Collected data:
_ _ _

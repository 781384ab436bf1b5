// The archive that C and Rust link: each function of capi, exported under its own name, with the same promise. A body only calls capi's.
// include/taxeedhuul.h declares these functions; what they give and do is told in capi's src/lib.rt and specs.
#![tactic(auto)]

ghost use Rattle.std.specs.Prelude.{[]};
ghost use Rattle.tags.specs.Entry.{form_of};
ghost use Rattle.lists.specs.Handed.{keys_of};
ghost use Rattle.octets.specs.declared.Form.{Form};
ghost use Rattle.requests.specs.Request as b;
ghost use Rattle.requests.specs.Request.{request, request_sent, bulk_read_sent, bulk_write_sent};
ghost use Rattle.admission.specs.Mode.{code_mode};
ghost use Rattle.store.specs.Model.{State};
ghost use Rattle.store.specs.Steps.{fit_step};
ghost use Rattle.capi.specs.Slices.{slices, Kept};
ghost use Rattle.capi.specs.Calls.{access_of, form_for, Starts, Responds, Fits};
ghost use Rattle.capi.specs.Gate.{Gives, ReadsAnswer, ReadsTag, ReadsMemory, ReadsResource};

// ---- the unit

#[unsafe(no_mangle)]
pub extern "C" fn taxeedhuul_start(
    head: &mut [u64],
    table: &mut [u64],
    memory: &mut [u8],
    version: u8,
    allocation: bool,
    passwords: bool,
) -> i32
    ensures { Starts version allocation passwords (slices head.old table.old memory.old) result (slices head.new table.new memory.new) }
{
    capi::taxeedhuul_start(head, table, memory, version, allocation, passwords)
}

#[unsafe(no_mangle)]
pub extern "C" fn taxeedhuul_respond(
    head: &mut [u64],
    table: &mut [u64],
    memory: &mut [u8],
    port: u8,
    request: &[u8],
    answer: &mut [u8],
) -> i32
    requires { Kept head.old table.old memory.old }
    ensures { Responds port request.now (slices head.old table.old memory.old) answer.old result (slices head.new table.new memory.new) answer.new }
{
    capi::taxeedhuul_respond(head, table, memory, port, request, answer)
}

#[unsafe(no_mangle)]
pub extern "C" fn taxeedhuul_fit(
    head: &mut [u64],
    table: &mut [u64],
    memory: &mut [u8],
    tag: u64,
    size: u32,
    mode: u8,
    spf: bool,
    locked: bool,
    password: u64,
    first: &[u8],
) -> i32
    requires { Kept head.old table.old memory.old }
    ensures { Fits mode (λ (u : State). fit_step u tag size (code_mode mode) spf (access_of locked password) first.now) (slices head.old table.old memory.old) result (slices head.new table.new memory.new) }
{
    capi::taxeedhuul_fit(
        head, table, memory, tag, size, mode, spf, locked, password, first,
    )
}

// ---- the gate writes

#[unsafe(no_mangle)]
pub extern "C" fn taxeedhuul_write_resource_information(
    area: &mut [u8],
    version: u8,
    tags: &[u64],
) -> i32
    ensures { Gives (request_sent (request version Form.Plain (b.resource_information (keys_of Form.Plain tags.now []))) area.old) result area.new }
{
    capi::taxeedhuul_write_resource_information(area, version, tags)
}

#[unsafe(no_mangle)]
pub extern "C" fn taxeedhuul_write_allocate(
    area: &mut [u8],
    version: u8,
    tag: u64,
    mode: u8,
    size: u32,
    locked: bool,
    password: u64,
    initial: &[u8],
) -> i32
    ensures { Gives (request_sent (request version (form_of (access_of locked password)) (b.allocate (record { tag = tag; mode = mode; size = size; access = access_of locked password; initial = initial.now }))) area.old) result area.new }
{
    capi::taxeedhuul_write_allocate(area, version, tag, mode, size, locked, password, initial)
}

#[unsafe(no_mangle)]
pub extern "C" fn taxeedhuul_write_free(
    area: &mut [u8],
    version: u8,
    tag: u64,
    locked: bool,
    password: u64,
) -> i32
    ensures { Gives (request_sent (request version (form_of (access_of locked password)) (b.free (tag, access_of locked password))) area.old) result area.new }
{
    capi::taxeedhuul_write_free(area, version, tag, locked, password)
}

#[unsafe(no_mangle)]
pub extern "C" fn taxeedhuul_write_read(
    area: &mut [u8],
    version: u8,
    tag: u64,
    locked: bool,
    password: u64,
) -> i32
    ensures { Gives (request_sent (request version (form_of (access_of locked password)) (b.read (tag, access_of locked password))) area.old) result area.new }
{
    capi::taxeedhuul_write_read(area, version, tag, locked, password)
}

#[unsafe(no_mangle)]
pub extern "C" fn taxeedhuul_write_write(
    area: &mut [u8],
    version: u8,
    tag: u64,
    locked: bool,
    password: u64,
    bytes: &[u8],
) -> i32
    ensures { Gives (request_sent (request version (form_of (access_of locked password)) (b.write ((tag, access_of locked password), bytes.now))) area.old) result area.new }
{
    capi::taxeedhuul_write_write(area, version, tag, locked, password, bytes)
}

#[unsafe(no_mangle)]
pub extern "C" fn taxeedhuul_write_bulk_read(
    area: &mut [u8],
    version: u8,
    locked: bool,
    tags: &[u64],
    passwords: &[u64],
) -> i32
    ensures { Gives (bulk_read_sent (form_for locked) version tags.now passwords.now area.old) result area.new }
{
    capi::taxeedhuul_write_bulk_read(area, version, locked, tags, passwords)
}

#[unsafe(no_mangle)]
pub extern "C" fn taxeedhuul_write_bulk_write(
    area: &mut [u8],
    version: u8,
    locked: bool,
    tags: &[u64],
    passwords: &[u64],
    starts: &[usize],
    lengths: &[usize],
    bytes: &[u8],
) -> i32
    ensures { Gives (bulk_write_sent (form_for locked) version tags.now passwords.now starts.now lengths.now bytes.now area.old) result area.new }
{
    capi::taxeedhuul_write_bulk_write(
        area, version, locked, tags, passwords, starts, lengths, bytes,
    )
}

// ---- the gate reads

#[unsafe(no_mangle)]
pub extern "C" fn taxeedhuul_read_answer(octets: &[u8], fields: &mut [u64]) -> i32
    ensures { ReadsAnswer octets.now fields.old result fields.new }
{
    capi::taxeedhuul_read_answer(octets, fields)
}

#[unsafe(no_mangle)]
pub extern "C" fn taxeedhuul_read_tag(octets: &[u8], at: usize, fields: &mut [u64]) -> i32
    ensures { ReadsTag octets.now at fields.old result fields.new }
{
    capi::taxeedhuul_read_tag(octets, at, fields)
}

#[unsafe(no_mangle)]
pub extern "C" fn taxeedhuul_read_memory_data(octets: &[u8], at: usize, fields: &mut [u64]) -> i32
    ensures { ReadsMemory octets.now at fields.old result fields.new }
{
    capi::taxeedhuul_read_memory_data(octets, at, fields)
}

#[unsafe(no_mangle)]
pub extern "C" fn taxeedhuul_read_resource(octets: &[u8], at: usize, fields: &mut [u64]) -> i32
    ensures { ReadsResource octets.now at fields.old result fields.new }
{
    capi::taxeedhuul_read_resource(octets, at, fields)
}
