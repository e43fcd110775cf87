//! The answer to `certify`, by what is known of two logs before the rule is looked at.
ghost use Rattle.std.specs.Prelude.{IfOk, IsTrue};
ghost use Rattle.audit_base.specs.RuleKinds.{asks_for_greatest};
ghost use Rattle.audit_run.specs.Certificates.{IsVerdictAnswerWith};
ghost use Rattle.command_run.specs.Deciding.{IsAnswerOfKind};
ghost use Rattle.audit_run.specs.JudgedAnswers.{IsCertifyAnswerOn, IsDealsCertificate};
ghost use Rattle.record_verdict.specs.RecordVerdict.{as_verdict};
ghost use Rattle.record_verdict.specs.Stages.{VerdictFollowsDeals};
ghost use Rattle.record_verdict.specs.BeforeRule.{AreResolvedTradesInRange, IsJudgeable};

use audit_base::faults::NoMemory;
use audit_certificate::certifying::certify;
use command_run::answers::{Answer, done_answer, finding_answer};
use matching_core::deals_draft::ResolvedTrades;
use record_verdict::before_rule::BeforeRule;
use record_verdict::questions::Question;
use record_verdict::verdicts::{RecordVerdict, verdict_after};
use std::alloc::Global;

/// The certificate of sound trades that conform, or what `audit` answers where they do not.
fn certified_answer(
    alloc: Global,
    question: &Question,
    resolved: &ResolvedTrades,
    judged: &RecordVerdict,
) -> Result<Answer, NoMemory>
    requires rule { IsTrue (asks_for_greatest question.now.rule) }
    requires judgeable { AreResolvedTradesInRange resolved.now }
    requires judged { let sound = resolved.now in
        VerdictFollowsDeals question.now sound.history sound.deals.items sound.count
        (as_verdict judged.now) }
    ensures { IfOk result (IsAnswerOfKind
        (IsVerdictAnswerWith (IsDealsCertificate question.now resolved.now)
        (as_verdict judged.now))) }
{
    match judged {
        RecordVerdict::Accepted(_) => Ok(done_answer(certify(
            alloc,
            question.rule,
            &question.symbol,
            &resolved.history.orders(),
            &resolved.deals,
        )?)),
        RecordVerdict::Rejected(finding) => finding_answer(alloc, *finding),
    }
}

/// The answer to `certify` on two logs that give this before the rule.
pub(crate) fn certify_answer(
    alloc: Global,
    question: &Question,
    given: &BeforeRule,
) -> Result<Answer, NoMemory>
    requires rule { IsTrue (asks_for_greatest question.now.rule) }
    requires judgeable { IsJudgeable given.now }
    ensures { IfOk result (IsAnswerOfKind (IsCertifyAnswerOn question.now given.now)) }
{
    let judged = verdict_after(alloc, question, given)?;
    match given {
        BeforeRule::Found(finding) => finding_answer(alloc, *finding),
        BeforeRule::Sound(resolved) => certified_answer(alloc, question, resolved, &judged),
    }
}
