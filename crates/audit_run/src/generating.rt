//! The command `generate`: a summary of the Expected trades of a log of any length, which is the
//! same at each run.
ghost use Rattle.std.specs.Prelude.{◌≡◌, ◌<◌, ◌^◌, IfOk, OnOk, length};
ghost use Rattle.audit_base.specs.declared.terms.VolumeRule.TheVariants as of_volume;
ghost use Rattle.audit_base.specs.Histories.{Regular};
ghost use Rattle.audit_base.specs.Orders.{IsOrderList};
ghost use Rattle.log_maker.specs.Generator.{IsCount, IsStart, generated_orders, generated_records};
ghost use Rattle.command_run.specs.Deciding.{IsAnswerOfKind};
ghost use Rattle.audit_run.specs.OneLog.{AddsLine};
ghost use Rattle.audit_run.specs.OtherTexts.{IsCallLine, IsContinuousLine, IsGeneratedSummary, IsSummaryOfOrders};
ghost use Rattle.command_run.specs.VerdictAnswers.{IsDone};

use audit_base::faults::NoMemory;
use audit_base::orders::Deal;
use audit_base::terms::Rule;
use audit_report::summaries::{append_call_line, append_continuous_line, append_generated_line};
use call_laws::optimum::{
    greatest_matching_reaches_the_least_cut, maximum_trades_are_expected, uniform_optimum,
    uniform_trades_are_expected,
};
use command_run::answers::{Answer, done_answer};
use continuous_audit::expecting::continuous_matching;
use instruction_history::faults::HistoryFault;
use instruction_history::history::History;
use log_maker::generator::{generated_symbol, make_orders};
use matching_core::totals::volume_of;
use maximum_audit::expecting::greatest_matching;
use order_list::lists::OrderList;
use std::alloc::Global;
use uniform_audit::expecting::expected_uniform;
use volume_bound::extremes::{best_uniform, least_cut};

/// The history of the generated records, which is well-formed.
fn generated_history(alloc: Global, start: u32, count: u32) -> Result<History, NoMemory>
    requires start { IsStart start }
    requires count { IsCount count }
    ensures { IfOk result (λ history.
        history ≡ generated_orders (generated_records start count)) }
{
    let entries = make_orders(alloc, start, count)?;
    match History::build(alloc, &entries, &generated_symbol()) {
        Ok(history) => Ok(history),
        Err(HistoryFault::Found(_)) => unreachable!(),
        Err(HistoryFault::Memory) => Err(NoMemory),
    }
}

/// How many deals there are.
fn count_of(deals: &[Deal]) -> u32
    requires { length deals.now < 2 ^ 32 }
    ensures { result ≡ length deals.now }
{
    deals.len() as u32
}

/// Adds the line of the Expected trades of `uniform`.
fn append_uniform(alloc: Global, orders: &OrderList<'_>, out: &mut Vec<u8>) -> Result<(), NoMemory>
    requires { IsOrderList orders.now }
    ensures { OnOk result
        (AddsLine (IsCallLine of_volume.Uniform orders.now) out.old.items out.new.items) }
{
    // Laws that the answer rests on. They compute nothing.
    uniform_optimum();
    uniform_trades_are_expected();
    let most = best_uniform(alloc, orders)?;
    let deals = expected_uniform(alloc, orders)?;
    append_call_line(alloc, Rule::Uniform, count_of(&deals), &most, out)
}

/// Adds the line of the Expected trades of `maximum`.
fn append_maximum(alloc: Global, orders: &OrderList<'_>, out: &mut Vec<u8>) -> Result<(), NoMemory>
    requires { IsOrderList orders.now }
    ensures { OnOk result
        (AddsLine (IsCallLine of_volume.Maximum orders.now) out.old.items out.new.items) }
{
    // Laws that the answer rests on. They compute nothing.
    greatest_matching_reaches_the_least_cut();
    maximum_trades_are_expected();
    let most = least_cut(alloc, orders)?;
    let deals = greatest_matching(alloc, orders)?;
    append_call_line(alloc, Rule::Maximum, count_of(&deals), &most, out)
}

/// Adds the line of the Expected trades of `continuous`.
fn append_continuous(
    alloc: Global,
    orders: &OrderList<'_>,
    out: &mut Vec<u8>,
) -> Result<(), NoMemory>
    requires order_list { IsOrderList orders.now }
    requires regular { Regular orders.now }
    ensures { OnOk result
        (AddsLine (IsContinuousLine orders.now) out.old.items out.new.items) }
{
    let deals = continuous_matching(alloc, orders)?;
    append_continuous_line(alloc, count_of(&deals), volume_of(&deals), out)
}

/// The summary of a generated log whose history has these orders.
fn summary(
    alloc: Global,
    start: u32,
    count: u32,
    orders: &OrderList<'_>,
) -> Result<Vec<u8>, NoMemory>
    requires order_list { IsOrderList orders.now }
    requires regular { Regular orders.now }
    ensures { IfOk result (λ text. IsSummaryOfOrders orders.now start count text.items) }
{
    let mut text = Vec::new(alloc);
    append_generated_line(alloc, start, count, &mut text)?;
    append_uniform(alloc, orders, &mut text)?;
    append_maximum(alloc, orders, &mut text)?;
    append_continuous(alloc, orders, &mut text)?;
    Ok(text)
}

/// The answer to `generate`: the summary of the log of START and COUNT.
pub(crate) fn answer_generate(alloc: Global, start: u32, count: u32) -> Result<Answer, NoMemory>
    requires start { IsStart start }
    requires count { IsCount count }
    ensures { IfOk result (IsAnswerOfKind (IsDone (IsGeneratedSummary start count))) }
{
    let history = generated_history(alloc, start, count)?;
    let text = summary(alloc, start, count, &history.orders())?;
    Ok(done_answer(text))
}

_ _ _

Pick out and copy the lines of the entries that hold the string "bytes".

PROBLEM SOLUTION:
    bytes: &[u8],
    ensures { Gives (request_sent (request version (form_of (access_of locked password)) (b.write ((tag, access_of locked password), bytes.now))) area.old) result area.new }
    capi::taxeedhuul_write_write(area, version, tag, locked, password, bytes)
    bytes: &[u8],
    ensures { Gives (bulk_write_sent (form_for locked) version tags.now passwords.now starts.now lengths.now bytes.now area.old) result area.new }
        area, version, locked, tags, passwords, starts, lengths, bytes,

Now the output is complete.